──────── Data in this exercise
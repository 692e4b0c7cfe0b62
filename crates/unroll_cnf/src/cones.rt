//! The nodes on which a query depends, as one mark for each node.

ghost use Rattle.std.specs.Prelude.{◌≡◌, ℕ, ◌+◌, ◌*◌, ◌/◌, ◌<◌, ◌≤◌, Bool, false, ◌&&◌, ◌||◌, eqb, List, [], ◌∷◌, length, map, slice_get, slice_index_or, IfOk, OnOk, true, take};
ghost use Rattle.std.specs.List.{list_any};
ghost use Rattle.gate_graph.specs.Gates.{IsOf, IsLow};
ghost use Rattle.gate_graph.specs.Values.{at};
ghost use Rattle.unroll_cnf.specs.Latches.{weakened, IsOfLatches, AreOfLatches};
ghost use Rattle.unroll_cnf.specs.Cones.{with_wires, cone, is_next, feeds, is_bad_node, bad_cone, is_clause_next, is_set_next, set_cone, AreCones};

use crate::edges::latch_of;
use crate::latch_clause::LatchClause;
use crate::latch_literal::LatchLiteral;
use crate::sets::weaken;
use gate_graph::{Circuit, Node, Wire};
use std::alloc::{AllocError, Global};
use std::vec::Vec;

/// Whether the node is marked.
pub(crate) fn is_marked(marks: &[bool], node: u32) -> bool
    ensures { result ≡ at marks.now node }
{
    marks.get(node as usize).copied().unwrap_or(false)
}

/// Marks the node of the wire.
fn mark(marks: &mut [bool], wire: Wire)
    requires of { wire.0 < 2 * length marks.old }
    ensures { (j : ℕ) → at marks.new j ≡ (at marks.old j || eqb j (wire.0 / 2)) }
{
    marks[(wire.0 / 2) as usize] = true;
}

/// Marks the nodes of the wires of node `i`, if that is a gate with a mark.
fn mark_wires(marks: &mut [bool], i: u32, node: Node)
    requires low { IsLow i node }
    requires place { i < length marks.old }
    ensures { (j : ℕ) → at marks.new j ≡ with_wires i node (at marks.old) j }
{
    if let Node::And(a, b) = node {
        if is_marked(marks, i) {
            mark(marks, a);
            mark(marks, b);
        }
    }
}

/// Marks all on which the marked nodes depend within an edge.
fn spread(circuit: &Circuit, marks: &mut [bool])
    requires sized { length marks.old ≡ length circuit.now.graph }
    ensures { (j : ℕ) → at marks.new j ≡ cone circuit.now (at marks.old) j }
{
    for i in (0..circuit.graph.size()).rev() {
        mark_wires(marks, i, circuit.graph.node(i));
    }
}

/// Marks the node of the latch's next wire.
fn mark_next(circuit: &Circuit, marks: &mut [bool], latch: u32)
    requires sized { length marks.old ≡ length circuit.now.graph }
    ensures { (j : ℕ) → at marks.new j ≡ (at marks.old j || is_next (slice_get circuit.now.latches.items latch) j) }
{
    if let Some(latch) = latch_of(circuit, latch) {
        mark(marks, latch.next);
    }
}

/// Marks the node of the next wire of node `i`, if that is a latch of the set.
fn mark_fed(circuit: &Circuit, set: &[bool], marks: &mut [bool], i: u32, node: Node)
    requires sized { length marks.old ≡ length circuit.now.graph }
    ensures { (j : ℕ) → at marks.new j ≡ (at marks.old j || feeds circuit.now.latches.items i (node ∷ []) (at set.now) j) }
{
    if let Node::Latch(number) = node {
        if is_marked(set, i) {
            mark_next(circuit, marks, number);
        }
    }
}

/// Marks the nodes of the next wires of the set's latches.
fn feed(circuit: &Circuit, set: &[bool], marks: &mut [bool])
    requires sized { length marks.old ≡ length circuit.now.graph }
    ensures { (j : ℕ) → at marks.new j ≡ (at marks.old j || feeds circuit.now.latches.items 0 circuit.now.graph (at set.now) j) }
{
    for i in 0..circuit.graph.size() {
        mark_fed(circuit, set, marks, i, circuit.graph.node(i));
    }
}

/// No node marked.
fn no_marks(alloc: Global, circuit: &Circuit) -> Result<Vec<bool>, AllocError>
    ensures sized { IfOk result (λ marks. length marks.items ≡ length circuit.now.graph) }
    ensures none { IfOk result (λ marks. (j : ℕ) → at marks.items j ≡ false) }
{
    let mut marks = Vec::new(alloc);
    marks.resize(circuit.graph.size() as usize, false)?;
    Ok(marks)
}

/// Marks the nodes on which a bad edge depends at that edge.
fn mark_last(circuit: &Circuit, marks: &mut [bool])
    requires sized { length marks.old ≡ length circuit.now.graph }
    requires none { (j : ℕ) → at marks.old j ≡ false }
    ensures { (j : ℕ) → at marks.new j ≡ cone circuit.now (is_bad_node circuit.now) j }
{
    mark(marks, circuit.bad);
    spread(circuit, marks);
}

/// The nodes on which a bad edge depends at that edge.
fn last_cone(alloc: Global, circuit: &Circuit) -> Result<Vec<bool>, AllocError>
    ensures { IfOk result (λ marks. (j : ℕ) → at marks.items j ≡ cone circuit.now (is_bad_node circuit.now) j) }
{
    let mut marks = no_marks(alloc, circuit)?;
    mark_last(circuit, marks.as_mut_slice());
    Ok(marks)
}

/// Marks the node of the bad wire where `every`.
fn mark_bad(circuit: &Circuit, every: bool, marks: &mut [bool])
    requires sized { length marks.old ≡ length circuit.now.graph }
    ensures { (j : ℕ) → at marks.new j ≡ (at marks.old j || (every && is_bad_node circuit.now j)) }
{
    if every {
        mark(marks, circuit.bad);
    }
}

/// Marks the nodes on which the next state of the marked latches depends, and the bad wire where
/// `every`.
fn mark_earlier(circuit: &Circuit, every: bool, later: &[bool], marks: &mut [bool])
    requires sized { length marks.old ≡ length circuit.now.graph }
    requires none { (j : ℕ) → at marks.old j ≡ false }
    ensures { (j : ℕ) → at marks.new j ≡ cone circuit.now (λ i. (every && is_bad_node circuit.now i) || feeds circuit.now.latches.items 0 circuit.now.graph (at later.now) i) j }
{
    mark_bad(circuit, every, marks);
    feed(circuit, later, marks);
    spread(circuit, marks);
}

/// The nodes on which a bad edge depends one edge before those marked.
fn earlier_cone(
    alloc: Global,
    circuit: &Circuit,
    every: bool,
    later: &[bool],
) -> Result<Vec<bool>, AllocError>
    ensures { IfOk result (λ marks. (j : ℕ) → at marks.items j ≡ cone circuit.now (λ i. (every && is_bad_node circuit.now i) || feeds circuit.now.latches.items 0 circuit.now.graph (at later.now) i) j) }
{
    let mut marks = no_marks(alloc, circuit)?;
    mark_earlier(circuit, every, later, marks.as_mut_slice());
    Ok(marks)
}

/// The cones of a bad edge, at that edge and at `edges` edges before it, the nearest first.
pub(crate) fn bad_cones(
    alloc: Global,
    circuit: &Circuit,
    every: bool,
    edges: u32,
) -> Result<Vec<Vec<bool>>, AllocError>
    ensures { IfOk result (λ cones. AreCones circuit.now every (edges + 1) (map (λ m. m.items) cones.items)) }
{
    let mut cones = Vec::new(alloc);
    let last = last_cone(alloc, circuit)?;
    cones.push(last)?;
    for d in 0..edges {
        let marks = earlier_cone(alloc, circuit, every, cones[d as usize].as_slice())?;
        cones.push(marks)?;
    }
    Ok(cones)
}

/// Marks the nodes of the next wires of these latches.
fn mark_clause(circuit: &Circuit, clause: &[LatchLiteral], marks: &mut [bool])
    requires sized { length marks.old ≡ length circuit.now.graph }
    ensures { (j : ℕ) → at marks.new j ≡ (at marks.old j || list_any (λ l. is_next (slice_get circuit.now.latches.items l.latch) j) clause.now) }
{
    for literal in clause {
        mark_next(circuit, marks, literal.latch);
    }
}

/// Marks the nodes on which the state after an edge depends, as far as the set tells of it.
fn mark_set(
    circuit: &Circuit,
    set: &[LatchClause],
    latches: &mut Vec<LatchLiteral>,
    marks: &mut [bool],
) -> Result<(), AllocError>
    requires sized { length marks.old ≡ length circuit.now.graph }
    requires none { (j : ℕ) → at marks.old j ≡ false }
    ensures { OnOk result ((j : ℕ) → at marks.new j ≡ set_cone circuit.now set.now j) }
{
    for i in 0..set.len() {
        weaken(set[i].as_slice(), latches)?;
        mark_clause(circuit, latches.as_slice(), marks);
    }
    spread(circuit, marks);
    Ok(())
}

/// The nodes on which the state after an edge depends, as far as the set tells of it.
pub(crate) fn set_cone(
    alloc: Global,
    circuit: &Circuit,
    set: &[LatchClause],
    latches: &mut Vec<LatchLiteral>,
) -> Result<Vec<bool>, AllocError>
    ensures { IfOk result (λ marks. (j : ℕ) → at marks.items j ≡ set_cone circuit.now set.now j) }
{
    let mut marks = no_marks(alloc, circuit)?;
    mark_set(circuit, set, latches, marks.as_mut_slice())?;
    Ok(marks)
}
────────────────
Task goal
Go through the entries above and say how many lines include the word "which". Give the number only.

Your response
8